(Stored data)
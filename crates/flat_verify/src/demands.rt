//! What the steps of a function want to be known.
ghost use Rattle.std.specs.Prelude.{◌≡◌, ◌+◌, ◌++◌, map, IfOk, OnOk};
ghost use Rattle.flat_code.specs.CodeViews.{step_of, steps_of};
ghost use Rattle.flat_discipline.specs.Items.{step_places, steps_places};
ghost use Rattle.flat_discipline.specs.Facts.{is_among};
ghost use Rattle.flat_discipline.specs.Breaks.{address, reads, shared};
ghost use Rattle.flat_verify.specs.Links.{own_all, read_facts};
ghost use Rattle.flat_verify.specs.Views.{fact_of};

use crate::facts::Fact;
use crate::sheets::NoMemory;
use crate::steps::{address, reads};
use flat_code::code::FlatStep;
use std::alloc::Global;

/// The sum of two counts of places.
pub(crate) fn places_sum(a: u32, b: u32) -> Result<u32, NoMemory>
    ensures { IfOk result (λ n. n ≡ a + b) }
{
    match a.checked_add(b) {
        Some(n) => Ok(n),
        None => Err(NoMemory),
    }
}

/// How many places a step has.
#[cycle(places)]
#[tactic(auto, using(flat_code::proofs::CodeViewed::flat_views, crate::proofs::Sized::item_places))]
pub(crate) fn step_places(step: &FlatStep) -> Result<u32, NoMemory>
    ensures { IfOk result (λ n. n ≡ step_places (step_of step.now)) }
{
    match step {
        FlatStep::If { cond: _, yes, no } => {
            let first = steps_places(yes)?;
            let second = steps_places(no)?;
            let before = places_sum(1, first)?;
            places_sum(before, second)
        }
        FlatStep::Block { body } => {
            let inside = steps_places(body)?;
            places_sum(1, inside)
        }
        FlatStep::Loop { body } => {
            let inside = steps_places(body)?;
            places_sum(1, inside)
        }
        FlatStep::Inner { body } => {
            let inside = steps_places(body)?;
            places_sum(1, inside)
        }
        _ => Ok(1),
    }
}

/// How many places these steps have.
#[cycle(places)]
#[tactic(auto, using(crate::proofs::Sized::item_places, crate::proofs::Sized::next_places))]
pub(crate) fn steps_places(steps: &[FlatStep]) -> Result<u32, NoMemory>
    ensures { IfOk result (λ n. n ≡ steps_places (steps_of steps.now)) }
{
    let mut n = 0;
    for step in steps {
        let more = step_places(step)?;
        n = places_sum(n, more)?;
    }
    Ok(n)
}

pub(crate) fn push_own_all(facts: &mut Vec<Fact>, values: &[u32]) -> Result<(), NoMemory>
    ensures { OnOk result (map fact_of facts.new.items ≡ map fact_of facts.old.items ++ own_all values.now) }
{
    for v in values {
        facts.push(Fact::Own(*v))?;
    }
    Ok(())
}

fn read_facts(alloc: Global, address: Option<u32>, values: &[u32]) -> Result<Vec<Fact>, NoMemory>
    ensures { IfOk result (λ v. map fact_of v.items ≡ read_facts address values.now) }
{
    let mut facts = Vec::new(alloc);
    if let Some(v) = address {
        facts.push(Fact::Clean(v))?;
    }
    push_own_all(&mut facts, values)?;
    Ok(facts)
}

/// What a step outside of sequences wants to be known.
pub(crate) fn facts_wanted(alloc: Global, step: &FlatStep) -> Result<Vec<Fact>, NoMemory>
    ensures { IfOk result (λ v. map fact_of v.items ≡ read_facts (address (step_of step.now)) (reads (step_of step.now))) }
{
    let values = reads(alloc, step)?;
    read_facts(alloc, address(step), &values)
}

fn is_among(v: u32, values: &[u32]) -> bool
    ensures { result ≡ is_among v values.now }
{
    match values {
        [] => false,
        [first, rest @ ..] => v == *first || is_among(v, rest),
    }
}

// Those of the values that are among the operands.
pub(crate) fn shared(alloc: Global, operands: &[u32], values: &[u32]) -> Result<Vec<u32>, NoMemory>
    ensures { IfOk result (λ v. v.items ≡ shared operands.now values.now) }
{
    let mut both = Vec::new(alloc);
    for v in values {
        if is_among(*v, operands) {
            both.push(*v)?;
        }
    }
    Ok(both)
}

==

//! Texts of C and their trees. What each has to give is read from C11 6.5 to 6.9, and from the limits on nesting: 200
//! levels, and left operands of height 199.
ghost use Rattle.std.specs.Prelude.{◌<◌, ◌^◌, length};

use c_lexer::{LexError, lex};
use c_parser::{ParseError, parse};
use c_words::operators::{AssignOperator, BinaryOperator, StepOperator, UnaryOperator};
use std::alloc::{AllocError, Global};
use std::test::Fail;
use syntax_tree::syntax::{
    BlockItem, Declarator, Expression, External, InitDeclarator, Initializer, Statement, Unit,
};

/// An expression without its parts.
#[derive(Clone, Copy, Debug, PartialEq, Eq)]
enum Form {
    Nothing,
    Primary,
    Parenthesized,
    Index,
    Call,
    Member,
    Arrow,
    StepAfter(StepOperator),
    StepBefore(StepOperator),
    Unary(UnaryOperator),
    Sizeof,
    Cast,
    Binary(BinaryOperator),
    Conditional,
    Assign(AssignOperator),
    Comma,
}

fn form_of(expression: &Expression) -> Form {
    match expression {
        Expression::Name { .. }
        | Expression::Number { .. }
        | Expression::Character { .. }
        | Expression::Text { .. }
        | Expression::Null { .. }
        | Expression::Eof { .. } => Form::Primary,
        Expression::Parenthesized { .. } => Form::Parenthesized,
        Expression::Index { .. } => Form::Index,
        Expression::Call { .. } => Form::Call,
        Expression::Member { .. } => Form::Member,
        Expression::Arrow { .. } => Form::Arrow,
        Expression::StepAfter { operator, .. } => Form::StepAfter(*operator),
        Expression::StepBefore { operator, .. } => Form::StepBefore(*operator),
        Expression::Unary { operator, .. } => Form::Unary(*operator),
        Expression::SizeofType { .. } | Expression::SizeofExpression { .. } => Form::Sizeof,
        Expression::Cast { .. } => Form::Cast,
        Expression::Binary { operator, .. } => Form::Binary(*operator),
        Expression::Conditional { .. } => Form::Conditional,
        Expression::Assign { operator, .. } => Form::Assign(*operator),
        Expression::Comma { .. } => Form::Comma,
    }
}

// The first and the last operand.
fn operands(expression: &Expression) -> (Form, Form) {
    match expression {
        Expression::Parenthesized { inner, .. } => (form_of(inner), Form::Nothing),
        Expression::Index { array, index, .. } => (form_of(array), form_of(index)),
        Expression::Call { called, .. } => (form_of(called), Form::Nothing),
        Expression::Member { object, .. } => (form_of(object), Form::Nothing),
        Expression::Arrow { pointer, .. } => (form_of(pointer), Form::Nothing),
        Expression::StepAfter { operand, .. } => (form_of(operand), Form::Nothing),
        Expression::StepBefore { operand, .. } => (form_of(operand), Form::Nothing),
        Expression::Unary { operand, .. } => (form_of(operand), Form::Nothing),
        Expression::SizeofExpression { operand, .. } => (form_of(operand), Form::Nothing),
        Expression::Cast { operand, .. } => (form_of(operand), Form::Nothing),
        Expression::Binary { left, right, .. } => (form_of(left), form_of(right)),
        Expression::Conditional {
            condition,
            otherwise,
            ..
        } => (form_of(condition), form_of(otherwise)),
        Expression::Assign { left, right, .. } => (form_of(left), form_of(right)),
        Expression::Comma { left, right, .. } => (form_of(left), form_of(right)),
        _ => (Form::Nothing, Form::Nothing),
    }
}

* **Aim of the task**: Among the entries above, which lines include "first"? List them all.

* **Solved problem**:
            let first = steps_places(yes)?;
            let before = places_sum(1, first)?;
        [first, rest @ ..] => v == *first || is_among(v, rest),
// The first and the last operand.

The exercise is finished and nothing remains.